EXERCISE DETAILS:
Within the entries underneath, how many lines include the string "first"? State only the number.

--

//! Runs that don't begin.

use crate::tests::common::{Way, crowd};
use ahci_driver::{Open, RunFault, run};
use ahci_port::Port;
use ncq_journal::Op;
use std::alloc::Global;
use std::process::Abort;
use std::sync::Wait;
use std::test::Fail;
use std::thread::Threads;

/// Whether the port was used before, the LBA and the sectors of two reads, and why their run doesn't begin.
type Row = (bool, [(u64, u32); 2], Option<RunFault>);

static ROWS: [Row; 6] = [
    (false, [(0, 1), (1, 65_536)], None),
    (true, [(0, 1), (0, 1)], Some(RunFault::NotFresh)),
    (true, [(0, 0), (0, 1)], Some(RunFault::NotFresh)),
    (false, [(0, 1), (0, 0)], Some(RunFault::BadJob(1))),
    (false, [(1 << 48, 1), (0, 0)], Some(RunFault::BadJob(0))),
    (false, [(0, 1), (0, 65_537)], Some(RunFault::BadJob(1))),
];

fn begins<R: Threads + Wait + Sync + Abort>(
    rt: &R,
    alloc: Global,
    row: Row,
) -> Result<Option<RunFault>, Fail> {
    let (is_used, [(first, few), (second, many)], _) = row;
    let mut port = Port::new(alloc, vec![in alloc; 0; 512]?, 1)?;
    if is_used {
        port.flush()?;
    }
    let jobs = [
        Op::Read {
            lba: first,
            sectors: few,
        },
        Op::Read {
            lba: second,
            sectors: many,
        },
    ];
    let choosers = crowd(alloc, Way::Lowest, 1)?;
    Ok(run(rt, alloc, port, &jobs, 1, choosers, &Open).err())
}

#[test]
fn a_run_does_not_begin_on_a_used_port_or_with_a_bad_job(rt: HostRuntime) -> Result<(), Fail> {
    for row in ROWS {
        let found = begins(&rt, rt.alloc(), row)?;
        assert!(rt; found == row.2, "{row:?}: {found:?}");
    }
    Ok(())
}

--

PROBLEM SOLUTION:
2